Stored items
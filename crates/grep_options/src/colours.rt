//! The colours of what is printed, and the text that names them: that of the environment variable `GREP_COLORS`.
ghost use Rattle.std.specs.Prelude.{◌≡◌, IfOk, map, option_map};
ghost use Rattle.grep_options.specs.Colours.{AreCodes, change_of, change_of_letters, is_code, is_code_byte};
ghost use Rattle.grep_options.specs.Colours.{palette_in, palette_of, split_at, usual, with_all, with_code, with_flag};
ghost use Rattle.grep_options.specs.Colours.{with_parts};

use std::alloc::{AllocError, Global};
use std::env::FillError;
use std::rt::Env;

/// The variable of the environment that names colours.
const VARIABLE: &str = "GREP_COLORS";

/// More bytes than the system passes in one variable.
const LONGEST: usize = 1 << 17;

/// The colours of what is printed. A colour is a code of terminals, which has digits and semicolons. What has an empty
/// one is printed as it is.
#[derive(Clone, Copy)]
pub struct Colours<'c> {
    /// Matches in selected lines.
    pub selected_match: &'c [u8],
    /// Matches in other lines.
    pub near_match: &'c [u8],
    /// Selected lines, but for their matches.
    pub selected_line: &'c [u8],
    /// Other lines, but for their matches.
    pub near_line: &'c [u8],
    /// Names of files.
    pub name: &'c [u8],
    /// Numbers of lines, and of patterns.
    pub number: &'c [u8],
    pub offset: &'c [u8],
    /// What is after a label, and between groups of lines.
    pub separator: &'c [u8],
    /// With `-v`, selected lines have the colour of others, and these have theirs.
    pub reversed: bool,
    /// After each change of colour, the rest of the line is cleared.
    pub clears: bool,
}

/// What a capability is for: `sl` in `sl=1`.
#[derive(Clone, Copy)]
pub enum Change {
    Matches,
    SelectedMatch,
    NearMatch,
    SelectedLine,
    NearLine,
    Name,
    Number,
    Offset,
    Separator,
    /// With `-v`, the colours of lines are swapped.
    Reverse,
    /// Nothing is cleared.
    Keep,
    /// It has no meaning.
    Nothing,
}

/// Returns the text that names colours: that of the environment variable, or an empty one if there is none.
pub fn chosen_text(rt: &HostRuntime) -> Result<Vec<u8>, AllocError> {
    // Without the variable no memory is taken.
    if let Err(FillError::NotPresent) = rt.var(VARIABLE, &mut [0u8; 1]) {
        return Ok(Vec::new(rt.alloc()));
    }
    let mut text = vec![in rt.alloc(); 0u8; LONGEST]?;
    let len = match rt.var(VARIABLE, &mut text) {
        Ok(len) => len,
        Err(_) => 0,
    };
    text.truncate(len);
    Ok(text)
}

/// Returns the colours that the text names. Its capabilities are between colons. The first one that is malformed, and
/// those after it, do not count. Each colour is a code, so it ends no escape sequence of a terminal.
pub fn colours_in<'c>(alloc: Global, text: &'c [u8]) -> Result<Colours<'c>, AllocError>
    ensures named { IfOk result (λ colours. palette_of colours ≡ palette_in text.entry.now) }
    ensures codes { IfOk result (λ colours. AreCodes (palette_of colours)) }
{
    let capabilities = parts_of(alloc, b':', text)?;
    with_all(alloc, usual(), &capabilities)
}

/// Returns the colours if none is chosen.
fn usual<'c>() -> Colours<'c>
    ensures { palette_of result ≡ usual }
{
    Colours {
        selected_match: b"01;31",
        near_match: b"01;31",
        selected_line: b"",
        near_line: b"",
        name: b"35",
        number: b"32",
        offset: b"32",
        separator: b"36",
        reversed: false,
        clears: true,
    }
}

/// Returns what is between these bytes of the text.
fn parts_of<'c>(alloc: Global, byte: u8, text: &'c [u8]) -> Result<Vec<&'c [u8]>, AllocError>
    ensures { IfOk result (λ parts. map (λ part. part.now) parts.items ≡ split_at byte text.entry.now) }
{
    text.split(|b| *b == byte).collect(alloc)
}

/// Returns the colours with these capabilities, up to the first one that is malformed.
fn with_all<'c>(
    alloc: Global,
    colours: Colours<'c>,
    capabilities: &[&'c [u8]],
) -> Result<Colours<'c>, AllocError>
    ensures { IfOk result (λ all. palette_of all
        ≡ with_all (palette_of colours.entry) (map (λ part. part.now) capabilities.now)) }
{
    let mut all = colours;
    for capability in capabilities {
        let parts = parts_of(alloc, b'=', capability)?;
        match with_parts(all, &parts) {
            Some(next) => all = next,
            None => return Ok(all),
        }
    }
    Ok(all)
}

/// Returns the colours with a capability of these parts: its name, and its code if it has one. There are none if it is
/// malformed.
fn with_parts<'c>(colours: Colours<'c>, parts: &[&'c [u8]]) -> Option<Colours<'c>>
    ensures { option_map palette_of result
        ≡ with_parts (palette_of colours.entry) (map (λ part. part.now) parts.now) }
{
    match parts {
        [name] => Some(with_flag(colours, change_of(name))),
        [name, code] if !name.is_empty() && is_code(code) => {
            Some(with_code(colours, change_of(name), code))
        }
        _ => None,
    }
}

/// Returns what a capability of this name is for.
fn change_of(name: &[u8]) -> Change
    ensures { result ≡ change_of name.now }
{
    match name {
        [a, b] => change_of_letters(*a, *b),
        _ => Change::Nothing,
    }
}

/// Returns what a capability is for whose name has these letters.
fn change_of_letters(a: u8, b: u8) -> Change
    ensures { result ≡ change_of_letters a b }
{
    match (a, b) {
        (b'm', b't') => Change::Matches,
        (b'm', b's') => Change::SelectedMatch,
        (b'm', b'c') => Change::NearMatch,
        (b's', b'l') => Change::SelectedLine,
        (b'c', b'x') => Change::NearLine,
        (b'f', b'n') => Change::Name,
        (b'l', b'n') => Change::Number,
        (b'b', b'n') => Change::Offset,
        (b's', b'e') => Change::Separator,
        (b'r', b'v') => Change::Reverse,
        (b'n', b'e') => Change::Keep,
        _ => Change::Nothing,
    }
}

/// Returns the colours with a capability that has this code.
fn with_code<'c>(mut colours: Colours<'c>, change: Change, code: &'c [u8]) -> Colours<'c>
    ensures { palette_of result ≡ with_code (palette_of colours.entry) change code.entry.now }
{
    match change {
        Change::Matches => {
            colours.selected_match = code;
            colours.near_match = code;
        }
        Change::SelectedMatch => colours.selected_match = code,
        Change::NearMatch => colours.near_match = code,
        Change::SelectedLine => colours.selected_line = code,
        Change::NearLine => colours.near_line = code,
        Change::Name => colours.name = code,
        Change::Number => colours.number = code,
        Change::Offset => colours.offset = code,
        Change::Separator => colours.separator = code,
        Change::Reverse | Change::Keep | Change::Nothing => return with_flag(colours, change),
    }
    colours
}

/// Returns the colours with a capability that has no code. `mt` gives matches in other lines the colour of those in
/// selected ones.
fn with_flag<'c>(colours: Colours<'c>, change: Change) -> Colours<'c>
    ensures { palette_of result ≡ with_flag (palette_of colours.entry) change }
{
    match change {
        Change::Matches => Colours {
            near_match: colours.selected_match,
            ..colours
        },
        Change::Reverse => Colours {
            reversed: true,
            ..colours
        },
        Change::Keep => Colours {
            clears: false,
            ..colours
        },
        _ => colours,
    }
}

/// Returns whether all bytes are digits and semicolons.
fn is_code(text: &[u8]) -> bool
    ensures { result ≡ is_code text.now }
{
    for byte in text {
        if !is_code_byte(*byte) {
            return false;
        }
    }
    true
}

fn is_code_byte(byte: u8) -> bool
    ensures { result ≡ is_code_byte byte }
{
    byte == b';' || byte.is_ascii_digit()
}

● What to do: Take the lines above from the first through the one containing "in selected lines." and reproduce them exactly; include nothing else.

● Answer for this exercise:
filename crates/grep_options/src/colours.rt
//! The colours of what is printed, and the text that names them: that of the environment variable `GREP_COLORS`.
ghost use Rattle.std.specs.Prelude.{◌≡◌, IfOk, map, option_map};
ghost use Rattle.grep_options.specs.Colours.{AreCodes, change_of, change_of_letters, is_code, is_code_byte};
ghost use Rattle.grep_options.specs.Colours.{palette_in, palette_of, split_at, usual, with_all, with_code, with_flag};
ghost use Rattle.grep_options.specs.Colours.{with_parts};

use std::alloc::{AllocError, Global};
use std::env::FillError;
use std::rt::Env;

/// The variable of the environment that names colours.
const VARIABLE: &str = "GREP_COLORS";

/// More bytes than the system passes in one variable.
const LONGEST: usize = 1 << 17;

/// The colours of what is printed. A colour is a code of terminals, which has digits and semicolons. What has an empty
/// one is printed as it is.
#[derive(Clone, Copy)]
pub struct Colours<'c> {
    /// Matches in selected lines.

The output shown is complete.